I played along for a little while and got to the truth, the "girl" who was trying to coax me into exchanging pictures, was really the kid from my music class. I called him out on it and called him all sorts of inappropriate words.

I was pretty angry for a while. How dare he do that. How could he try to play a stupid game like that? Why would he think I'm g-a-y, or think I'm dumb enough to send naked pictures over the Internet to a "girl" I'd never met?

Truth be told, what he did was stupid. I never spoke to him again. But I didn't share the occurrence with my classmates either. I felt like that would be unnecessary, that it was not needed. He'd made a stupid mistake and I just wanted to move on from it. At first I had the mentality "stupid g-a-y person". But I realized that was wrong of me. That's a vast generalization that is inappropriate. His homosexuality didn't cause him to try to do what he did, he chose to.

My lighthearted policy with respect to homosexuality now is simply "If you don't try to touch me, you're cool in my book." Is this discriminatory? No, I don't think so. If a girl tried to hit on me that I wasn't sexually attracted to, it would probably cause awkward tension for the future. The same rule applies similarly in a g-a-y sense.

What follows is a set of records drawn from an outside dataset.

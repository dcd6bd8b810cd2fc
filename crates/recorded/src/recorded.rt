//! An outside whose recording goes first.

ghost use Rattle.std.specs.Prelude.{◌≡◌, ◌≤◌, ◌<◌, ◌+◌, ◌∷◌, [], true, false, length, vec_len, vec_capacity, IfOk, OnOk, OnErr};
ghost use Rattle.std.specs.Result.{is_ok};
ghost use Rattle.outside.specs.Acts.{Wrote};
ghost use Rattle.outside.specs.Doings.{Did};
ghost use Rattle.recorded.specs.Recordings.{octets_written_in};
ghost use Rattle.recorded.specs.Telling.{told_through};
ghost use Rattle.recorded.specs.Keeping.{IsKept};

use er_base::NoMemory;
use link_trait::{Conn, Failed, FetchFault, Happening, ReadAnswer, WriteAnswer};
use outside::{History, Note, Outside};
use std::alloc::Global;

/// The most octets that wait.
pub const MOST_WAITING: usize = 65_536;

/// An outside whose recording goes first, over another one that is inside: what is written waits, and is written inside before anything that it tells
/// of can be seen by a peer.
///
/// Each call of the wires but a read first writes out what waits. Once a write has failed inside, nothing is written there any more and no such call is
/// made: each is answered as failed, and a close does nothing.
///
/// Of its sink it tells that it holds what was taken, which may wait still; of its wires neither calls nor lines, since a call that was refused isn't
/// done inside; and its counts of faults are those of the acts done to it. All else is told as it is inside.
#[derive(Drop)]
pub struct Recorded<O: Outside + Drop> {
    /// What is inside.
    pub outside: O,
    /// What waits.
    pub lines: Vec<u8>,
    /// A write has failed inside.
    pub has_failed: bool,
    /// What was done to this outside.
    pub history: History,
    ghost kept: { IsKept (O.told outside).acts history.acts lines.items has_failed },
    ghost room: { 65536 ≤ vec_capacity lines },
}

impl<O: Outside + Drop> Recorded<O> {
    /// An outside to which nothing was done yet. No later call takes memory.
    pub fn new(alloc: Global, outside: O) -> Result<Recorded<O>, NoMemory>
        requires { (O.told outside).acts ≡ [] }
        ensures outside { IfOk result (λ recorded. recorded.outside ≡ outside) }
        ensures history { IfOk result (λ recorded. recorded.history.acts ≡ []) }
    {
        let lines = Vec::with_capacity(alloc, MOST_WAITING)?;
        Ok(Recorded {
            outside,
            lines,
            has_failed: false,
            history: History::new(),
        })
    }

    /// Writes out what waits. Then all that was taken is written inside.
    pub fn write_out(&mut self) -> Result<(), Failed>
        ensures told { told_through self.new.history.acts (O.told self.new.outside) ≡ told_through self.old.history.acts (O.told self.old.outside) }
        ensures written { OnOk result (octets_written_in (O.told self.new.outside).acts ≡ octets_written_in self.new.history.acts) }
        ensures none { OnOk result (self.new.lines.items ≡ []) }
        ensures sound { OnOk result (self.new.has_failed ≡ false) }
        ensures failed { OnErr result (self.new.has_failed ≡ true) }
    {
        if self.has_failed {
            return Err(Failed);
        }
        let lines = self.lines.as_slice();
        if lines.is_empty() {
            return Ok(());
        }
        let answer = self.outside.write(lines);
        self.lines.clear();
        self.has_failed = answer.is_err();
        answer
    }

    // A piece is refused.
    fn refuse(&mut self, piece: &[u8]) -> Result<(), Failed>
        requires { self.old.has_failed ≡ true }
        ensures waits { O.told self.new.outside ≡ O.told self.old.outside }
        ensures does { Did (told_through self.old.history.acts (O.told self.old.outside)) (told_through self.new.history.acts (O.told self.new.outside)) (Wrote piece.now (is_ok result) ∷ []) }
    {
        let refused = Err(Failed);
        self.history.note(&Note::Wrote(piece, &refused));
        refused
    }

    // A piece for which there is room waits.
    fn take(&mut self, piece: &[u8]) -> Result<(), Failed>
        requires { vec_len self.old.lines + length piece.now ≤ 65536 }
        ensures waits { O.told self.new.outside ≡ O.told self.old.outside }
        ensures does { Did (told_through self.old.history.acts (O.told self.old.outside)) (told_through self.new.history.acts (O.told self.new.outside)) (Wrote piece.now (is_ok result) ∷ []) }
    {
        if self.has_failed {
            return self.refuse(piece);
        }
        self.lines.extend_from_slice(piece).unwrap();
        let taken = Ok(());
        self.history.note(&Note::Wrote(piece, &taken));
        taken
    }

    // A piece that is longer than all the room is written at once, where none waits.
    fn write_at_once(&mut self, piece: &[u8]) -> Result<(), Failed>
        requires some { 0 < length piece.now }
        requires none { self.old.lines.items ≡ [] }
        requires sound { self.old.has_failed ≡ false }
        ensures { Did (told_through self.old.history.acts (O.told self.old.outside)) (told_through self.new.history.acts (O.told self.new.outside)) (Wrote piece.now (is_ok result) ∷ []) }
    {
        let answer = self.outside.write(piece);
        self.has_failed = answer.is_err();
        self.history.note(&Note::Wrote(piece, &answer));
        answer
    }
}

impl<O: Outside + Drop> Outside for Recorded<O> {
    ghost told = { λ r. told_through r.history.acts (O.told r.outside) };

    fn fetch(&mut self, alloc: Global, name: &str) -> Result<Vec<u8>, FetchFault> {
        let answer = self.outside.fetch(alloc, name);
        self.history.note(&Note::Fetched(name, &answer));
        answer
    }

    fn write(&mut self, piece: &[u8]) -> Result<(), Failed>
        requires { 0 < length piece.now }
        ensures does { Did (told_through self.old.history.acts (O.told self.old.outside)) (told_through self.new.history.acts (O.told self.new.outside)) (Wrote piece.now (is_ok result) ∷ []) }
        // Nothing is done inside where there is room.
        ensures waits { vec_len self.old.lines + length piece.now ≤ 65536 → O.told self.new.outside ≡ O.told self.old.outside }
    {
        if piece.len() <= MOST_WAITING.saturating_sub(self.lines.len()) {
            return self.take(piece);
        }
        if self.write_out().is_err() {
            return self.refuse(piece);
        }
        if piece.len() <= MOST_WAITING {
            return self.take(piece);
        }
        self.write_at_once(piece)
    }

    fn listen(&mut self, address: &str) -> Result<(), Failed> {
        if self.write_out().is_err() {
            let refused = Err(Failed);
            self.history.note(&Note::Listened(address, &refused));
            return refused;
        }
        let answer = self.outside.listen(address);
        self.history.note(&Note::Listened(address, &answer));
        answer
    }

    fn dial(&mut self, address: &str) -> Result<Conn, Failed> {
        if self.write_out().is_err() {
            let refused = Err(Failed);
            self.history.note(&Note::Dialled(address, &refused));
            return refused;
        }
        let answer = self.outside.dial(address);
        self.history.note(&Note::Dialled(address, &answer));
        answer
    }

    fn turn(&mut self, until: Option<u64>) -> Happening {
        if self.write_out().is_err() {
            self.history.note(&Note::Turned(until, Happening::Failed));
            return Happening::Failed;
        }
        let happening = self.outside.turn(until);
        self.history.note(&Note::Turned(until, happening));
        happening
    }

    fn read(&mut self, conn: Conn, into: &mut [u8]) -> ReadAnswer {
        let answer = self.outside.read(conn, into);
        self.history.note(&Note::Read(conn, into, answer));
        answer
    }

    fn send(&mut self, conn: Conn, piece: &[u8]) -> WriteAnswer {
        if self.write_out().is_err() {
            self.history
                .note(&Note::Sent(conn, piece, WriteAnswer::Failed));
            return WriteAnswer::Failed;
        }
        let answer = self.outside.send(conn, piece);
        self.history.note(&Note::Sent(conn, piece, answer));
        answer
    }

    fn close(&mut self, conn: Conn) {
        if self.write_out().is_err() {
            self.history.note(&Note::Closed(conn));
            return;
        }
        self.outside.close(conn);
        self.history.note(&Note::Closed(conn));
    }

    fn moment(&mut self) -> u64 {
        let moment = self.outside.moment();
        self.history.note(&Note::Asked(moment));
        moment
    }

    fn word(&mut self) -> u64 {
        let word = self.outside.word();
        self.history.note(&Note::Drew(word));
        word
    }
}
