/// What a check says of a recording whose events are all taken. Lines are those of the file, from 1.
#[derive(Clone, Copy, Debug, PartialEq, Eq)]
pub enum CheckVerdict {
    /// Each line that isn't skipped is the one that a replay prints there, none is missing, and each is ended.
    Same {
        /// How many lines of outcomes there are.
        outcomes: usize,
    },
    /// This line isn't the one that a replay prints there.
    Differs {
        /// The line.
        line: usize,
    },
    /// The last line isn't ended.
    Cut {
        /// The line.
        line: usize,
    },
    /// A replay prints another line behind the last one.
    Missing {
        /// The line that isn't there.
        line: usize,
    },
}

If I had a teammate who was openly g-a-y, I don't think it would change my view of him. It's his life, his choice (or genetics, not sure what the science of the matter has been determined to be). His personality doesn't...or shouldn't...change because of his sexual orientation. If it doesn't have any effect on his playing ability then I couldn't care less.

I wholeheartedly agree with the previous sentiment by some posters about PDA. It is completely unnecessary and awkward for any sexual relationship, whether heterosexual or homosexual, to occur. You don't need to be physically obsessive to show someone you have feelings for your significant other. In my opinion, PDA is a sign of insecurity in a relationship, but that's probably a discussion for another time (or another message board).

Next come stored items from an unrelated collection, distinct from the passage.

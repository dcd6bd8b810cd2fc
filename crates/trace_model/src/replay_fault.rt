//! Why a replay ends before the last event of its trace.

ghost use Rattle.std.specs.Prelude.{◌≡◌};
ghost use Rattle.trace_model.specs.declared.replay_fault.ReplayFault.TheVariants as fault;

use er_base::NoMemory;

/// Why a replay ends before the last event of its trace. The line is that of the event that isn't taken.
#[derive(Clone, Copy, Debug, PartialEq, Eq)]
pub enum ReplayFault {
    /// Nothing opened the connection.
    NoConn {
        /// The line.
        line: usize,
        /// The number of the connection.
        conn: u64,
    },
    /// The number of the connection was given before.
    ConnTwice {
        /// The line.
        line: usize,
        /// The number.
        conn: u64,
    },
    /// The moment is below an earlier one.
    MomentBack {
        /// The line.
        line: usize,
        /// The greatest moment before.
        was: u64,
        /// The moment.
        now: u64,
    },
    /// The pair of a call has no key at the moment.
    NoKey {
        /// The line.
        line: usize,
        /// The ETCS number of the engine.
        engine: u32,
        /// That of the radio block centre.
        rbc: u32,
    },
    /// So many ends are live that no other may be opened.
    Many {
        /// The line.
        line: usize,
        /// How many are live.
        live: usize,
    },
    /// A write to the sink failed.
    Sink,
    /// Want of memory.
    NoMemory(NoMemory),
}

impl From<NoMemory> for ReplayFault {
    ghost from_gives = { λ want e. e ≡ fault.NoMemory want };

    fn from(want: NoMemory) -> ReplayFault {
        ReplayFault::NoMemory(want)
    }
}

To be honest JH, you should have reported this. If he tried this stuff with you I am pretty sure that he has tried it with others. He seems to have all the markings of a future sexual predator.

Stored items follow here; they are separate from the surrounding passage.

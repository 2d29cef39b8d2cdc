//! Instructions.

ghost use Rattle.std.specs.Prelude.{◌≡◌, ◌<◌, ◌-◌, ◌^◌};
ghost use Rattle.hal_code.specs.Machine.{act};
ghost use Rattle.hal_machine.specs.Blocks.{HasBlock, HasEntry};
ghost use Rattle.hal_machine.specs.Seen.{core_seen, setting_seen, Does};
ghost use Rattle.hal_right_values.specs.Finding.{Fits};

use crate::choosing::{Handler, on, one, patch, pick, two};
use crate::clearing::clear;
use crate::copying::copy;
use crate::naming::{call, cell, whole};
use hal_code::Instr;
use hal_machine::{Machine, Setting, Stepped, Written};
use std::alloc::AllocError;

/// An instruction.
pub(crate) fn act(
    machine: &mut Machine,
    setting: &Setting<'_>,
    instr: &Instr,
) -> Result<Stepped, AllocError>
    requires at { machine.old.at < 2 ^ 64 - 1 }
    requires fits { Fits (setting_seen setting.now) instr.now (core_seen machine.old) }
    requires blocks { HasBlock machine.old.blocks }
    requires entries { HasEntry machine.old.blocks }
    ensures does { Does setting.now.image.now result machine.new (act (setting_seen setting.now) instr.now (core_seen machine.old)) }
    ensures room { machine.new.blocks.room ≡ machine.old.blocks.room }
{
    match instr {
        Instr::Int(number) => machine.int(setting, *number),
        Instr::Bits { len, word } => machine.bits(setting, *len, *word),
        Instr::Text(text) => machine.text(setting, text.text()),
        Instr::Cell(view) => cell(machine, setting, *view),
        Instr::Whole(view) => whole(machine, setting, *view),
        Instr::Fetch => machine.fetch(setting),
        Instr::Peek => machine.peek(setting),
        Instr::Keep => machine.keep(setting),
        Instr::Dup => machine.dup(setting),
        Instr::Drop => machine.drop_top(setting),
        Instr::Event(event) => machine.event(setting, *event),
        Instr::Op1(op) => one(machine, setting, *op),
        Instr::Op2(op) => two(machine, setting, *op),
        Instr::Len(depth) => machine.len(setting, *depth),
        Instr::Pick(places) => pick(machine, setting, *places),
        Instr::Patch(places) => patch(machine, setting, *places),
        Instr::Jump(target) => Ok(machine.jump(setting, *target as usize)),
        Instr::JumpNot(target) => machine.jump_not(setting, *target as usize),
        Instr::Turn(target) => Ok(machine.turn(setting, *target as usize)),
        Instr::Call(block) => call(machine, setting, *block),
        Instr::Return => machine.return_back(setting),
        Instr::On {
            group,
            number,
            response,
            change,
            event,
            target,
        } => Ok(on(
            machine,
            setting,
            Handler {
                group: *group,
                number: *number,
                response: *response,
                change: *change,
                event: *event,
                target: *target,
            },
        )),
        Instr::Off { group, number } => Ok(machine.off(setting, *group, *number)),
        Instr::Raise { group, number } => Ok(machine.raise(setting, *group, *number)),
        Instr::ErrGrp => machine.error_group(setting),
        Instr::ErrNum => machine.error_number(setting),
        Instr::Bind(place) => machine.bind(setting, *place),
        Instr::Copy(place) => copy(machine, setting, *place),
        Instr::Clear { place, count } => clear(machine, setting, *place, *count),
        Instr::Next => machine.next(setting),
        Instr::Begin => Ok(machine.begin(setting)),
        Instr::Finish => Ok(machine.finish(setting)),
        Instr::Schedule {
            process,
            start,
            priority,
            dependent,
            round,
            limit,
        } => machine.schedule(
            setting,
            *process,
            Written {
                start: *start,
                priority: *priority,
                dependent: *dependent,
                round: *round,
                limit: *limit,
            },
        ),
        Instr::Cancel(process) => Ok(machine.cancel(setting, *process)),
        Instr::Terminate(process) => Ok(machine.terminate(setting, *process)),
        Instr::Wait(delay) => Ok(machine.wait(setting, *delay)),
        Instr::Signal(event) => Ok(machine.signal(setting, *event)),
        Instr::Set(event) => Ok(machine.set(setting, *event)),
        Instr::Reset(event) => Ok(machine.reset(setting, *event)),
        Instr::Priority(process) => Ok(machine.priority(setting, *process)),
        Instr::Item => machine.item(setting),
        Instr::Print(channel) => machine.print(setting, *channel),
        Instr::Input {
            channel,
            kind,
            target,
        } => Ok(machine.input(setting, *channel, *kind, *target)),
        Instr::Now => Ok(machine.now(setting)),
        Instr::Open(groups) => Ok(machine.open_update(setting, *groups)),
        Instr::Close => machine.close(setting),
    }
}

I've known quite a few homosexuals over the years and as a rule 99% of them DO NOT act like this. This guy is scary to be honest and possibly could be working down the path the wrong way.
Wklink- You are probably right. But that was sophomore year of high school. I was 15, 16 years old. My self-assurance was microscopic compared to what it is now. The social ramifications and time consuming process of attempting to report actions like this, at the time, seemed too much for me.

I still have mutual friends with this person and last I heard he is working at a local restaurant. If this were to happen now, I'd most certainly take more consideration into an action like you suggested. But at the time, I was probably just too immature and worried about the after-effect it would have on me personally.